Before me earth divided; through the cleft
A gushing radiance dimm'd the eye of noon.
In structure all of diamond, self-pois'd,
Amid redundant light, a chariot hung
Triumphal. Twelve transparent horses breath'd
Beams from their nostrils, dancing beams of day
Shook from their manes. In lineaments of man,
Chang'd to immortal, with a shape enlarg'd,
A stature lengthen'd, there the mighty soul
Of Sparta's king apparent shone. His wounds
Shot forth a starlike splendour. Round in cars
Triumphal too arrang'd, the stately forms
Of those whom virtue led to share his doom,
And consecrate Thermopylæ to fame.
To me these words the glorious shape address'd:


Go to the sage Hellanodics, the just
Elean judges of Olympian palms:
In that wide concourse celebrate my death.
Let my example gen'ral Greece inspire
To face her danger; let the Spartan shield
Protect th' Athenians, else I died in vain.


Attention mute th' Hellanodics command:
The thick'ning crowd is hush'd. The bard proceeds,
While inspiration swells his copious breast,
Flames in his eye, and thunders from his voice.

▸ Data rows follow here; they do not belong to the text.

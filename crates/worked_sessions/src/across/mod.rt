//! What crosses the crates: what a session heeds and how requests are refused, how the server ends, and sessions that are full.
//!
//! The crates below prove what each call answers. Here is shown, with worked values, that the calls succeed where memory is ample, which
//! no contract can show. Whole sessions, as bytes, run through the built program (`tools/session_rows.py`).

mod bodies;
mod endings;
mod full;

Parnassian Phoebus he invok'd, the pow'r
Of prophecy and song. His aid is due
In celebration of the man who heard
The oracle from Delphi, and obey'd.
'A king deriv'd from Hercules must die
'For Lacedæmon.' Who obedient heard?
Leonidas: he left his household gods,
His wife belov'd, his offspring; at the gate
Of Greece, Thermopylæ, he fought, he fell:
With him what heroes? Alpheus, Maron bled,
There Agis, there Dioneces, the seer,
Megistias, bold Diomedon, the youth
Of Dithyrambus, Thespia's hoary chief,
Demophilus; for you they all expir'd:
Rise, Greeks, revenge their fall! in that revenge
Your laws, your manners, and religion save.

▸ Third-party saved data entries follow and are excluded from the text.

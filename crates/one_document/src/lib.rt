//! One document, `file:///g`, as the tests of other crates have it: the calls of a desk about it, with plain arguments.
#![tactic(auto)]

use ls_answers::Ask;
use ls_desk::{Desk, DeskFault};
use ls_lists::{List, Text};
use ls_rpc::Id;
use ls_text::{Edit, Encoding, Position};
use std::alloc::{AllocError, Global};

/// The document's name.
pub const URI: &str = "file:///g";

/// The start of the document, where the name of its first rule stands.
pub const START: Position = Position {
    line: 0,
    character: 0,
};

/// The document's name, as a text of its own.
///
/// # Errors
///
/// Where an allocation is refused.
pub fn uri(alloc: Global) -> Result<Text, AllocError> {
    Text::from_str(alloc, URI)
}

/// Opens the document with a text and the label 1, where positions count UTF-16 units.
///
/// # Errors
///
/// Those of [`Desk::did_open`].
pub fn open(desk: &mut Desk, alloc: Global, text: &str) -> Result<u64, DeskFault> {
    let text = Text::from_str(alloc, text)?;
    desk.did_open(uri(alloc)?, 1, text, Encoding::Utf16)
}

/// Closes the document.
///
/// # Errors
///
/// Those of [`Desk::did_close`].
pub fn close(desk: &mut Desk, alloc: Global) -> Result<(), DeskFault> {
    desk.did_close(uri(alloc)?)
}

/// One edit that replaces the whole text.
///
/// # Errors
///
/// Where an allocation is refused.
pub fn whole(alloc: Global, text: &str) -> Result<List<Edit>, AllocError> {
    let text = Text::from_str(alloc, text)?;
    let mut edits = List::new(alloc);
    edits.push(Edit { range: None, text })?;
    Ok(edits)
}

/// Changes the whole document to a text, with the label 2.
///
/// # Errors
///
/// Those of [`Desk::did_change`].
pub fn change(desk: &mut Desk, alloc: Global, text: &str) -> Result<Option<u64>, DeskFault> {
    desk.did_change(uri(alloc)?, 2, whole(alloc, text)?)
}

/// Asks for a hover at the start, and gives its ticket.
///
/// # Errors
///
/// Those of [`Desk::request`].
pub fn hover(desk: &mut Desk, alloc: Global, id: i64) -> Result<u64, DeskFault> {
    desk.request(Id::Number(id), uri(alloc)?, Ask::Hover(START), false)
}

/// Asks for the outline, and gives its ticket.
///
/// # Errors
///
/// Those of [`Desk::request`].
pub fn symbols(desk: &mut Desk, alloc: Global, id: i64) -> Result<u64, DeskFault> {
    desk.request(Id::Number(id), uri(alloc)?, Ask::Symbols, false)
}

/// Asks for a rename of the name at the start to `b`, and gives its ticket.
///
/// # Errors
///
/// Those of [`Desk::request`].
pub fn rename(desk: &mut Desk, alloc: Global, id: i64) -> Result<u64, DeskFault> {
    let ask = Ask::Rename(START, Text::from_str(alloc, "b")?);
    desk.request(Id::Number(id), uri(alloc)?, ask, false)
}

You who aspire to these Olympic wreaths,
The brightest guerdon to a Grecian brow,
Yet will you linger, till Barbaric arms
Annihilate th' Olympiad? Not to die
Leonidas invites; no, Greeks, to live!
Surmounting foes enervate by the dread
His death impress'd, to fill your cup of life
With virtuous glory, to enjoy your hopes
In peace, in years and merit then mature
Be his companions in cternal bliss.


Such was the substance; but in swelling phrase
At large, full tide of poesy and zeal,
Flow'd his high-ton'd, enthusiastic song.